Frente a las familias numerosas de la población indígena, es muy beneficioso para nosotros que las niñas y mujeres se hagan tantos abortos como sea posible.

Los alemanes establecieron campos especiales para realizar abortos forzados. Uno de ellos operó en los años 1943-1945 en Waltrop-Holthausen. Las mujeres embarazadas fueron enviadas allí para trabajar en Alemania. Las trabajadoras forzadas fueron sometidas a un aborto y, si lograban dar a luz, les quitaban a sus hijos. Como resultado, las desafortunadas mujeres podrían ser enviadas al trabajo esclavo más rápido en beneficio del Reich alemán. En los campos de concentración alemanes se cometieron crímenes aún más terribles.
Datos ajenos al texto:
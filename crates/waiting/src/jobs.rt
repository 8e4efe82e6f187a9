//! To wait for the end of a Job, and to wake who waits.
ghost use Rattle.std.specs.Prelude.{◌≡◌, ◌<◌, ◌+◌, ◌^◌, length, true, is_some, None, MatchOption};
ghost use Rattle.channel_model.specs.declared.acts.Kind.TheVariants.{Signal};
ghost use Rattle.channel_model.specs.Channels.{kind_at};
ghost use Rattle.job_model.specs.Histories.{replay};
ghost use Rattle.job_model.specs.Done.{done_channel};
ghost use Rattle.job_words.specs.Forests.{IsOwn as IsOwnOfJobs};
ghost use Rattle.cell_words.specs.Hubs.{shape_of, IsOwn};
ghost use Rattle.future_bridge.specs.Jobs.{FutureStands, FutureGives, JobEnds, jobs_seen};
ghost use Rattle.waiting.specs.Jobs.{GoesOn};

use crate::resting::{LOOKS, bell_of};
use cell_words::{Hub, Pass};
use co_base::{ChannelId, Row, Tag, Value, Wakes};
use future_bridge::{JobFuture, Spent};
use futures::task::Poll;
use job_words::{Forest, JobPass};
use ring_bridge::Bells;
use std::hint::spin_loop;
use std::sync::Wait;

/// Rings the bells of those whom calls over any floor name. Who ends a Job by such calls, or closes its done channel, wakes so who sleeps
/// in `await_job`.
#[derive(Drop)]
pub struct BellWakes<'a> {
    bells: &'a Bells,
}

impl<'a> BellWakes<'a> {
    /// The bells are those of all who sleep on the floor's channels.
    pub fn new(bells: &'a Bells) -> BellWakes<'a>
        ensures { result.bells.now ≡ bells.now }
    {
        BellWakes { bells }
    }
}

impl Wakes for BellWakes<'_> {
    fn wake(&mut self, tag: Tag) {
        self.bells.ring(bell_of(tag));
    }
}

/// What a future of a Job gives.
type Given = (Pass, JobPass, Result<Value, Spent>);

/// Steps some times, until the Job has ended. None: it has not.
fn step_often(future: &mut JobFuture<'_, '_>) -> Option<Given>
    requires stands { FutureStands future.old }
    ensures given { MatchOption result (GoesOn future.old future.new) (FutureGives future.old) }
{
    for _ in 0..LOOKS {
        match future.step() {
            Poll::Ready(given) => return Some(given),
            Poll::Pending => spin_loop(),
        }
    }
    None
}

/// Steps until the Job has ended, and sleeps in between.
fn step_asleep<R: Wait>(rt: &R, bells: &Bells, bell: u32, future: &mut JobFuture<'_, '_>) -> Given
    requires stands { FutureStands future.old }
    ensures gives { FutureGives future.old result }
{
    for _ in rt.forever() {
        let rung = bells.rung(bell);
        match future.step() {
            Poll::Ready(given) => return given,
            Poll::Pending => bells.sleep(rt, bell, rung),
        }
    }
    unreachable!()
}

/// Steps until the Job has ended.
fn end_of<R: Wait>(rt: &R, bells: &Bells, bell: u32, future: JobFuture<'_, '_>) -> Given
    requires stands { FutureStands future }
    ensures gives { FutureGives future.entry result }
{
    let mut future = future;
    match step_often(&mut future) {
        Some(given) => given,
        None => step_asleep(rt, bells, bell, &mut future),
    }
}

/// Waits for the end of a Job, which it starts if it is New, and gives both passes back; sleeps while it has to wait. It ends with the
/// value that the Job's done channel was closed with, or with `Spent` if that channel has no place left. Whoever ends the Job has to ring
/// the bells of those whom its calls name, as `BellWakes` does.
pub fn await_job<R: Wait>(
    rt: &R,
    hub: &Hub,
    bells: &Bells,
    pass: Pass,
    forest: &Forest,
    jobs: JobPass,
    base: ChannelId,
    who: Tag,
    row: Row,
) -> (Pass, JobPass, Result<Value, Spent>)
    requires own { IsOwn hub.now pass who }
    requires jobs { IsOwnOfJobs forest.now jobs who }
    requires attached { is_some (replay (jobs_seen jobs).seen row) ≡ true }
    requires base { base + row < 2 ^ 16 }
    requires channel { done_channel base row < length (shape_of hub.now) }
    requires kind { kind_at (shape_of hub.now) (done_channel base row) ≡ Signal }
    ensures ended { JobEnds hub.now pass forest.now jobs who row (done_channel base row) None result.0 result.1 result.2 }
{
    let future = JobFuture::new(hub, pass, forest, jobs, base, who, row);
    end_of(rt, bells, bell_of(who), future)
}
Las mujeres embarazadas fueron obligadas a abortar en ellas, fueron sometidas a experimentos médicos o asesinadas de inmediato. Hasta mediados de 1943, todos los niños nacidos en el campo fueron asesinados en Auschwitz. Fue el camino de esta política criminal, cuyo rostro enfrentó el Dr. Mengele, en el que estuvo la comadrona polaca y prisionera de Auschwitz, Stanisława Leszczyńska. En terribles condiciones de campamento, arriesgando su vida muchas veces, aceptó 3.000. partos. Desafortunadamente, solo 30 de estos niños sobrevivieron a Auschwitz. Años más tarde, en sus dramáticos recuerdos, escribió:

Contrariamente a todas las predicciones, todos los niños del campo de concentración nacieron vivos, hermosos y regordetes. La naturaleza, desafiando el odio, luchó obstinadamente por sus derechos, con desconocidas reservas de vitalidad. La naturaleza es la maestra de la partera. Él lucha por su vida con ella y con ella promueve lo más hermoso del mundo: la sonrisa de un niño.